* **WHAT TO DO**: All records should be reproduced verbatim.

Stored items
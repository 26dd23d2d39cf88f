//! Readers and writers that count their failures, and bytes cut into lines.
//!
//! Each error of a device is counted, so that a contract can say that a device failed. A text goes
//! out whole, or after a failure a beginning of it. The definitions say what lines show by themselves
//! (`Judgements`), and which fault of a file is its first, by the rules of its lines (`FirstFaults`).
#![tactic(auto)]

mod count_failures;
mod device_traits;
mod judgement;
mod lines;
mod read_fault;
mod sending;
mod write_fault;

pub use count_failures::Counting;
pub use device_traits::{Counted, CountedRead, CountedWrite};
pub use judgement::Judgement;
pub use lines::{Cut, LONGEST, cut_chunks, first_end};
pub use read_fault::{FaultKind, FaultNumbers, ReadFault, Stop};
pub use sending::{relieve, write_pieces, write_text};
pub use write_fault::WriteFault;
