//! Faults of reading.
ghost use Rattle.std.specs.Prelude.{ℕ, ◌≡◌, List};
ghost use Rattle.counted_devices.specs.declared.read_fault.Stop.{Stop};
ghost use Rattle.counted_devices.specs.FaultTexts.{kind_text};
ghost use Rattle.counted_devices.specs.Numbers.{fault_number};
ghost use Rattle.counted_devices.specs.ReadFaults.{kind_of};

use std::fmt::Display;
use tag::Memory;
use thiserror::Error;

/// How the faults of a reader are numbered and printed, by the type of its faults of lines.
pub trait FaultNumbers: Copy + Display {
    ghost number: { Self → ℕ };

    ghost text: { Self → List ℕ };

    ghost title: { List ℕ };

    ghost DEVICE: { ℕ };

    ghost MEMORY: { ℕ };

    /// The number of a reader's failure.
    const DEVICE: u8;

    /// The number of an allocation that was refused.
    const MEMORY: u8;

    /// The number of a line's fault.
    fn number(self) -> u8
        ensures { result ≡ number self };

    /// What a fault is called where it is printed, as "fault".
    fn title() -> &'static str
        ensures { result.now ≡ title };

    /// What a line's fault is called where it is printed, after its number.
    fn text(self) -> &'static str
        ensures { result.now ≡ text self };
}

/// What is wrong with what was read, or with its reading.
#[derive(Clone, Copy, Debug, PartialEq, Eq, Error)]
#[error_bound(L: Display)]
pub enum FaultKind<L> {
    /// A line has a fault.
    #[error(transparent)]
    Line(L),
    /// The reader failed.
    #[error("device")]
    Device,
    /// An allocation was refused.
    #[error("memory")]
    Memory,
}

/// What is wrong with what was read, and the number of the line, from 1, that has the fault or was
/// under way when it came.
#[derive(Clone, Copy, Debug, PartialEq, Eq, Error)]
#[error("line {line}: {} {} {kind}", L::title(), .kind.number())]
#[error_bound(L: FaultNumbers)]
pub struct ReadFault<L> {
    pub line: u64,
    pub kind: FaultKind<L>,
}

/// Why the judgement of a line stopped: the line has a fault, or an allocation was refused.
#[derive(Clone, Copy, Debug, PartialEq, Eq)]
pub enum Stop<L> {
    Fault(L),
    Memory,
}

impl<L: FaultNumbers> FaultKind<L> {
    /// The fault's number: that of the line's fault, or one of the two after the last of those.
    pub fn number(self) -> u8
        ensures { result ≡ fault_number L.number L.DEVICE L.MEMORY self }
    {
        match self {
            FaultKind::Line(fault) => fault.number(),
            FaultKind::Device => L::DEVICE,
            FaultKind::Memory => L::MEMORY,
        }
    }

    /// What the fault is called: the text of the line's fault, or `device` or `memory`.
    pub fn text(self) -> &'static str
        ensures { result.now ≡ kind_text L.text self }
    {
        match self {
            FaultKind::Line(fault) => fault.text(),
            FaultKind::Device => "device",
            FaultKind::Memory => "memory",
        }
    }
}

impl<L> ReadFault<L> {
    /// Why the judgement of that line stopped, as a fault.
    pub fn at(line: u64, stop: Stop<L>) -> ReadFault<L>
        ensures line { result.line ≡ line }
        ensures kind { result.kind ≡ kind_of stop }
    {
        let kind = match stop {
            Stop::Fault(fault) => FaultKind::Line(fault),
            Stop::Memory => FaultKind::Memory,
        };
        ReadFault { line, kind }
    }
}

impl<L> From<Memory> for Stop<L> {
    ghost from_gives = { λ _ e. e ≡ Stop.Memory };

    fn from(_: Memory) -> Stop<L> {
        Stop::Memory
    }
}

* **EXERCISE SOLUTION**:
repository 26dd23d2d39cf88f
//! Readers and writers that count their failures, and bytes cut into lines.
//!
//! Each error of a device is counted, so that a contract can say that a device failed. A text goes
//! out whole, or after a failure a beginning of it. The definitions say what lines show by themselves
//! (`Judgements`), and which fault of a file is its first, by the rules of its lines (`FirstFaults`).
#![tactic(auto)]

mod count_failures;
mod device_traits;
mod judgement;
mod lines;
mod read_fault;
mod sending;
mod write_fault;

pub use count_failures::Counting;
pub use device_traits::{Counted, CountedRead, CountedWrite};
pub use judgement::Judgement;
pub use lines::{Cut, LONGEST, cut_chunks, first_end};
pub use read_fault::{FaultKind, FaultNumbers, ReadFault, Stop};
pub use sending::{relieve, write_pieces, write_text};
pub use write_fault::WriteFault;
//! Faults of reading.
ghost use Rattle.std.specs.Prelude.{ℕ, ◌≡◌, List};
ghost use Rattle.counted_devices.specs.declared.read_fault.Stop.{Stop};
ghost use Rattle.counted_devices.specs.FaultTexts.{kind_text};
ghost use Rattle.counted_devices.specs.Numbers.{fault_number};
ghost use Rattle.counted_devices.specs.ReadFaults.{kind_of};

use std::fmt::Display;
use tag::Memory;
use thiserror::Error;

/// How the faults of a reader are numbered and printed, by the type of its faults of lines.
pub trait FaultNumbers: Copy + Display {
    ghost number: { Self → ℕ };

    ghost text: { Self → List ℕ };

    ghost title: { List ℕ };

    ghost DEVICE: { ℕ };

    ghost MEMORY: { ℕ };

    /// The number of a reader's failure.
    const DEVICE: u8;

    /// The number of an allocation that was refused.
    const MEMORY: u8;

    /// The number of a line's fault.
    fn number(self) -> u8
        ensures { result ≡ number self };

    /// What a fault is called where it is printed, as "fault".
    fn title() -> &'static str
        ensures { result.now ≡ title };

    /// What a line's fault is called where it is printed, after its number.
    fn text(self) -> &'static str
        ensures { result.now ≡ text self };
}

/// What is wrong with what was read, or with its reading.
#[derive(Clone, Copy, Debug, PartialEq, Eq, Error)]
#[error_bound(L: Display)]
pub enum FaultKind<L> {
    /// A line has a fault.
    #[error(transparent)]
    Line(L),
    /// The reader failed.
    #[error("device")]
    Device,
    /// An allocation was refused.
    #[error("memory")]
    Memory,
}

/// What is wrong with what was read, and the number of the line, from 1, that has the fault or was
/// under way when it came.
#[derive(Clone, Copy, Debug, PartialEq, Eq, Error)]
#[error("line {line}: {} {} {kind}", L::title(), .kind.number())]
#[error_bound(L: FaultNumbers)]
pub struct ReadFault<L> {
    pub line: u64,
    pub kind: FaultKind<L>,
}

/// Why the judgement of a line stopped: the line has a fault, or an allocation was refused.
#[derive(Clone, Copy, Debug, PartialEq, Eq)]
pub enum Stop<L> {
    Fault(L),
    Memory,
}

impl<L: FaultNumbers> FaultKind<L> {
    /// The fault's number: that of the line's fault, or one of the two after the last of those.
    pub fn number(self) -> u8
        ensures { result ≡ fault_number L.number L.DEVICE L.MEMORY self }
    {
        match self {
            FaultKind::Line(fault) => fault.number(),
            FaultKind::Device => L::DEVICE,
            FaultKind::Memory => L::MEMORY,
        }
    }

    /// What the fault is called: the text of the line's fault, or `device` or `memory`.
    pub fn text(self) -> &'static str
        ensures { result.now ≡ kind_text L.text self }
    {
        match self {
            FaultKind::Line(fault) => fault.text(),
            FaultKind::Device => "device",
            FaultKind::Memory => "memory",
        }
    }
}

impl<L> ReadFault<L> {
    /// Why the judgement of that line stopped, as a fault.
    pub fn at(line: u64, stop: Stop<L>) -> ReadFault<L>
        ensures line { result.line ≡ line }
        ensures kind { result.kind ≡ kind_of stop }
    {
        let kind = match stop {
            Stop::Fault(fault) => FaultKind::Line(fault),
            Stop::Memory => FaultKind::Memory,
        };
        ReadFault { line, kind }
    }
}

impl<L> From<Memory> for Stop<L> {
    ghost from_gives = { λ _ e. e ≡ Stop.Memory };

    fn from(_: Memory) -> Stop<L> {
        Stop::Memory
    }
}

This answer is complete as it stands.